One example of the action of the proposed device on the vagus nerve is the following: The applied current is between 0.25 and 1.5 mA. The frequency of the current is between 20 and 30 Hz. The pulse width is between 250 and 500 μs. The current is applied every 3 to 5 minutes for ca. 30 seconds.
The proposed stimulation device 1 is very small and is therefore eminently suitable for home use. It affords the wearer great freedom, because its placement behind the ear is very advantageous and discrete.
The stimulation and reference electrodes 2, 3 must have electrical contact with the surface of the patient's skin, and this contact is permitted by contact points 8, 9 which can be designed as small metal balls. The electrodes 2, 3 lie on the inner face of the tragus, i.e. an anatomical part of the auricle. The distance between the contact points 8, 9 is preferably between 1 mm and 15 mm, particularly preferably between 2 mm and 6 mm.
In another variant of the solution, the earpiece can be inserted farther into the auditory canal and can there also provide stimulation of the vagus nerve. For this purpose, the electrodes 2, 3 can be designed as flat surface electrodes, for example. Further nerve endings of the vagus nerve are stimulated deeper within the auditory canal.
The electrodes 2, 3 are connected to cables (not shown) which are routed in a concealed manner within the earpiece. The cable connections in turn are connected to the control unit 4 preferably located behind the ear. The connection is established via the bow-shaped extension piece 6, as has been explained. The stimulation frequency, stimulation strength, impulse duration, stimulation intervals and current form are set via the stimulation frequency regulator 17.
In a similar way to an in-the-ear hearing aid, the whole technology can also be integrated into a device that comes to lie in the concha of the ear and fills it.
The device is supplied with current by the battery 10 and is therefore independent of an external power source. Provision can be made for the current to be supplied via a rechargeable battery 10 which is integrated into the housing 5. For the recharging operation, the device 1 is inserted into a small specially designed case which is connected to an external power source and which charges the battery 10 overnight by induction, for example.

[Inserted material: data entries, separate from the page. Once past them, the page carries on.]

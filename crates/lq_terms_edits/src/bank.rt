//! The bank.

ghost use Rattle.std.specs.Prelude.{◌≡◌, ◌≤◌, ◌↔◌, IsTrue, length, OnErr, IfOk};
ghost use Rattle.lq_terms.specs.Terms.{Terms, AddsNode, HasTerm, HasParts, IsTerm, IsName, Grows, tree_of, node_tree};
ghost use Rattle.lq_terms.specs.Mark.{mark_of, undone};
ghost use Rattle.lq_terms.specs.declared.nodes.NameId.{NameId};
ghost use Rattle.lq_terms.specs.declared.nodes.TermId.{TermId};
ghost use Rattle.lq_trees.specs.Same.{Same};
ghost use Rattle.lq_trees.specs.Size.{fit};
ghost use Rattle.lq_trees.specs.Marks.{holds_hypothesis, holds_unknown, loose};

use lq_terms::{
    Bank, BankMark, NameId, NoMemory, Node, TermId, fits, holds_hypothesis, holds_unknown, loose,
    same,
};
use lq_trees::Fit;

/// The same trees at the same places.
pub fn copied<'b>(bank: &Bank<'b>) -> Result<Bank<'b>, NoMemory>
    ensures { IfOk result (λ b. b ≡ bank.now) }
{
    bank.copy()
}

/// The name of a text.
pub fn named(bank: &mut Bank<'_>, text: &str) -> Result<NameId, NoMemory>
    ensures named { IfOk result (λ x. IsName bank.new x text.now) }
    ensures known { (x : NameId) → IsName bank.old x text.now → (result ≡ Ok x) × (bank.new ≡ bank.old) }
    ensures grows { Grows bank.old bank.new }
    ensures nodes { bank.new.nodes ≡ bank.old.nodes }
    ensures err { OnErr result (bank.new ≡ bank.old) }
{
    bank.name(text)
}

/// The term of a node: the one that there is, or else one more.
pub fn made(bank: &mut Bank<'_>, node: Node) -> Result<TermId, NoMemory>
    requires { HasParts bank.old node }
    ensures made { IfOk result (λ t. IsTerm bank.new t (node_tree bank.old node)) }
    ensures known { (t : TermId) → IsTerm bank.old t (node_tree bank.old node) → (result ≡ Ok t) × (bank.new ≡ bank.old) }
    ensures added { ((t : TermId) → IsTerm bank.old t (node_tree bank.old node) → ⊥) → IfOk result (λ t. AddsNode bank.old node t bank.new) }
    ensures grows { Grows bank.old bank.new }
    ensures err { OnErr result (bank.new ≡ bank.old) }
{
    bank.make(node)
}

/// The term of another bank, in this one.
pub fn imported(bank: &mut Bank<'_>, other: &Bank<'_>, term: TermId) -> Result<TermId, NoMemory>
    requires { HasTerm other.now term }
    ensures imported { IfOk result (λ t. IsTerm bank.new t (tree_of other.now term)) }
    ensures grows { Grows bank.old bank.new }
{
    bank.import(other, term)
}

/// Whether two terms are the same but for the names of their binders.
pub fn is_same(bank: &Bank<'_>, left: TermId, right: TermId) -> bool
    requires left { HasTerm bank.now left }
    requires right { HasTerm bank.now right }
    ensures { IsTrue result ↔ Same (tree_of bank.now left) (tree_of bank.now right) }
{
    same(bank, left, right)
}

/// Whether a term is within the limits.
pub fn fits_limits(bank: &Bank<'_>, term: TermId) -> Fit
    requires { HasTerm bank.now term }
    ensures { result ≡ fit (tree_of bank.now term) }
{
    fits(bank, term)
}

/// Drops the nodes made after the mark.
pub fn undo_bank(bank: &mut Bank<'_>, mark: BankMark)
    requires { mark.nodes ≤ length bank.old.nodes }
    ensures undone { bank.new ≡ undone mark bank.old }
    ensures back { (before : Terms) → mark ≡ mark_of before → Grows before bank.old → Grows before bank.new }
{
    bank.undo(mark)
}

/// How many loose bound variables a term has.
pub fn loose_variables(bank: &Bank<'_>, term: TermId) -> u64
    requires { HasTerm bank.now term }
    ensures { result ≡ loose (tree_of bank.now term) }
{
    loose(bank, term)
}

/// Whether a hypothesis stands in a term.
pub fn has_hypothesis(bank: &Bank<'_>, term: TermId) -> bool
    requires { HasTerm bank.now term }
    ensures { result ≡ holds_hypothesis (tree_of bank.now term) }
{
    holds_hypothesis(bank, term)
}

/// Whether an unknown stands in a term.
pub fn has_unknown(bank: &Bank<'_>, term: TermId) -> bool
    requires { HasTerm bank.now term }
    ensures { result ≡ holds_unknown (tree_of bank.now term) }
{
    holds_unknown(bank, term)
}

The earpiece can additionally be provided with a sensor for measuring the pulse and oxygen saturation. Such sensors are known for measurement of respiratory function and pulse and are commercially available. The measured values can be recorded on a memory chip located in the housing 5 behind or in the ear, such that they can later be read out by a physician via a cableless interface and can be evaluated using software. From the change in the pulse rate variability calculated by the software, the physician is able to obtain important information concerning the psychovegetative modulation effect of the stimulation device and is thus also provided with control data over the course of the therapy.
The described device can be constructed according to standard values, or the earpiece and other parts can be manufactured individually.
In an alternative embodiment, the electrode head 7 and the control unit 4 are stored separately and are connected via a cable.
In a further alternative, the stimulation technology can be integrated into a mobile telephone and into its hands-free unit. The control unit 4 and its electronics can in this case be integrated into the circuitry of the mobile telephone. The stimulation unit 7 with stimulation electrode 2 and reference electrode 3 can be installed in the earpiece of the hands-free unit. The communication between earpiece and mobile telephone can be wireless, for example by means of Bluetooth technology, or can be via a connecting cable.
It is also possible for the technology to be integrated into headphones and devices for example for digital media playback. These can be MP3 players or, in particular, MD players or Discmans.